8.2. Provision of the warranty is conditioned by the payment of all due obligations of the customer towards FONAP. If the customer is, at the time of the complaint about the defect of the performance, in delay with the payment of any of their due obligations towards FONAP, FONAP is entitled to suspend the resolution of the complaint claim for the duration of the customer's delay with the payment of their obligations towards FONAP, without, however, interrupting or extending the warranty period.
8.3. For products of other suppliers used for the production of the performance or delivered with the performance, FONAP is liable only to the extent to which its subcontractor is liable for them. FONAP is entitled to resolve a complaint concerning these products by assigning claims against the subcontractor to the customer.
8.4. FONAP is not liable for minor or insignificant defects that do not affect the functionality and use of the delivered performance by the customer or if they were caused by unqualified activity of the customer, a third party or circumstances of force majeure or arose as a result of excessive stress, non-compliance with provided operational regulations, faulty maintenance, freezing, corrosion, chemical, electrical or electrolytic influences. The warranty is exclusively for the benefit of the customer, who is not entitled to transfer this right to a third party without prior written consent of FONAP.
8.5. The customer is obliged to inspect the performance upon acceptance with due care and any defects that can be detected by such inspection, immediately, no later than 14 (fourteen) days from the moment of detection of the defect, or from the moment when the defect could have been detected with due care (but no later than by the end of the warranty period), to complain in writing to FONAP, otherwise their rights from defective performance, as well as rights from the warranty expire. The existence of defects or the filing of a complaint does not entitle the customer to withdraw from the contract, suspend payments or otherwise fail to fulfill obligations arising from the contract. In the complaint, the customer must always describe how the defects manifest themselves, further state their requirements for the settlement of the complaint and attach appropriate evidence. A complaint made in contravention of these conditions or the contract is considered not filed. FONAP is entitled to verify the complained defects on site through its representatives, with the participation of the customer; a protocol will always be written about the result of the investigation. In case of a justifiably complained defect acknowledged in writing by FONAP, FONAP is obliged, at its discretion, either to remove the defect or provide a reasonable discount from the price. FONAP shall communicate the chosen method of resolving the complaint to the customer immediately after assessing the complaint. By removing the defect or providing a discount, the complaint is completely resolved and the customer is not entitled to any further claims.

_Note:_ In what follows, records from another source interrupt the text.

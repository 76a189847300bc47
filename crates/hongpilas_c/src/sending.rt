//! Sending a message.

ghost use Rattle.std.specs.Prelude.{◌≡◌, ◌≢◌, true, is_some};
ghost use Rattle.ed_types.specs.declared.refusal.Refusal.TheVariants.{OutOfMemory};
ghost use Rattle.ed_model.specs.Printed.{refusal_number};
ghost use Rattle.ed_model.specs.Table.{table};
ghost use Rattle.editor_session.specs.Answers.{message_with};
ghost use Rattle.editor_session.specs.Plans.{is_free};
ghost use Rattle.hongpilas_c.specs.Answers.{refused_with};
ghost use Rattle.hongpilas_c.specs.Calls.{session_of, IsSent};

use crate::answers::{DONE, number_of};
use crate::handle::Handle;

/// Sends a message with its text, and writes the value of its reply to `value`. Returns 0 or the number of the refusal.
#[tactic(auto, using(crate::proofs::Refusing::refused_as_said, crate::proofs::Refusing::memory_alone))]
#[unsafe(no_mangle)]
pub extern "C" fn hongpilas_send_unchecked(
    handle: &mut Handle,
    view: u32,
    number: u32,
    w: i64,
    l: i64,
    text: &[u8],
    value: &mut i64,
) -> u32
    requires { is_some handle.old.held ≡ true }
    ensures done { result ≡ 0 → IsSent view (message_with number w l text.now) value.new handle.old.held handle.new.held }
    ensures refused { result ≢ 0 → result ≡ refused_with (table (session_of handle.old.held) view (message_with number w l text.now)) }
    ensures kept { result ≢ 0 → handle.new.held ≡ handle.old.held }
    ensures value_kept { result ≢ 0 → value.new ≡ value.old }
    ensures free { is_free (session_of handle.old.held) view (message_with number w l text.now) ≡ true → result ≢ refusal_number OutOfMemory }
{
    let held = handle.held();
    match held
        .session
        .send_into(view, number, w, l, text, &mut held.reply)
    {
        Ok(answer) => {
            *value = answer;
            DONE
        }
        Err(refusal) => number_of(refusal),
    }
}
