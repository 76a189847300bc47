//! Opening and closing views.

ghost use Rattle.std.specs.Prelude.{◌≡◌, ◌≢◌, true, is_some};
ghost use Rattle.ed_model.specs.Table.{opened, closed};
ghost use Rattle.hongpilas_c.specs.Answers.{answered, refused_with};
ghost use Rattle.hongpilas_c.specs.Calls.{session_of, IsViewOpened, IsViewClosed};

use crate::answers::{DONE, number_of};
use crate::handle::Handle;

/// Opens a view on a new document, and writes its id to `view`. Returns 0 or the number of the refusal.
#[unsafe(no_mangle)]
pub extern "C" fn hongpilas_new_view_unchecked(handle: &mut Handle, view: &mut u32) -> u32
    requires { is_some handle.old.held ≡ true }
    ensures done { result ≡ 0 → IsViewOpened view.new handle.old.held handle.new.held }
    ensures refused { result ≢ 0 → result ≡ refused_with (opened (session_of handle.old.held)) }
    ensures kept { result ≢ 0 → handle.new.held ≡ handle.old.held }
    ensures view_kept { result ≢ 0 → view.new ≡ view.old }
{
    let held = handle.held();
    match held.session.new_view() {
        Ok(opened) => {
            *view = opened;
            DONE
        }
        Err(refusal) => number_of(refusal),
    }
}

/// Closes a view. Returns 0 or the number of the refusal.
#[unsafe(no_mangle)]
pub extern "C" fn hongpilas_close_view_unchecked(handle: &mut Handle, view: u32) -> u32
    requires { is_some handle.old.held ≡ true }
    ensures answer { result ≡ answered (closed (session_of handle.old.held) view) }
    ensures done { result ≡ 0 → IsViewClosed view handle.old.held handle.new.held }
    ensures kept { result ≢ 0 → handle.new.held ≡ handle.old.held }
{
    let held = handle.held();
    match held.session.close_view(view) {
        Ok(()) => DONE,
        Err(refusal) => number_of(refusal),
    }
}
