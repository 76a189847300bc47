//! Results as numbers.

ghost use Rattle.std.specs.Prelude.{◌≡◌};
ghost use Rattle.ed_model.specs.Printed.{refusal_number};

use ed_types::Refusal;

/// The result of a call that was done: HONGPILAS_DONE.
pub(crate) const DONE: u32 = 0;

/// Returns the number of a refusal, which its call returns.
pub(crate) fn number_of(refusal: Refusal) -> u32
    ensures { result ≡ refusal_number refusal }
{
    refusal as u32
}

8.6. In case the price has already been paid, FONAP undertakes to return the amount corresponding to the agreed discount from the price of the performance to the customer within 1 (one) month from the day of concluding the agreement on the settlement of the complaint. In this case, the customer is not entitled to payment of interest on late payment. If the price has not already been paid in full, the customer is not entitled to unilaterally set off the receivable from the title of the discount from the price against FONAP's receivable for its payment.
9. Withdrawal from the Contract
9.1. Without limitation to other rights and claims of FONAP, FONAP may immediately withdraw from the entire contract or part thereof by written notice to the customer, without any obligation towards the customer, if
(a) the customer has materially breached their obligations, including any breach of contract that the customer has not remedied within thirty (30) days after being notified by FONAP;
(b) the customer has not provided sufficient cooperation under the contract, or is otherwise in delay and does not provide adequate assurance that the customer will be able to fulfill their obligations in a timely and proper manner under the contract;
(c) the customer is in bankruptcy or becomes insolvent, consequently deals with creditors, has appointed a liquidator or administrator, initiates liquidation or similar proceedings or restricts business operations or threatens to stop business operations or is unable to pay their due debts;
(d) the customer improperly handles the results of FONAP's intellectual property. In case FONAP withdraws from the contract for any of the above-mentioned reasons, the customer is not entitled to compensation for costs and damages associated with it. FONAP is not entitled to withdraw from the contract under this article if the customer, upon its request, immediately pays the full price for the performance or provides sufficient guarantees for its payment.
9.2. The customer is entitled to withdraw from this contract only in cases expressly stated in the contract or in these conditions.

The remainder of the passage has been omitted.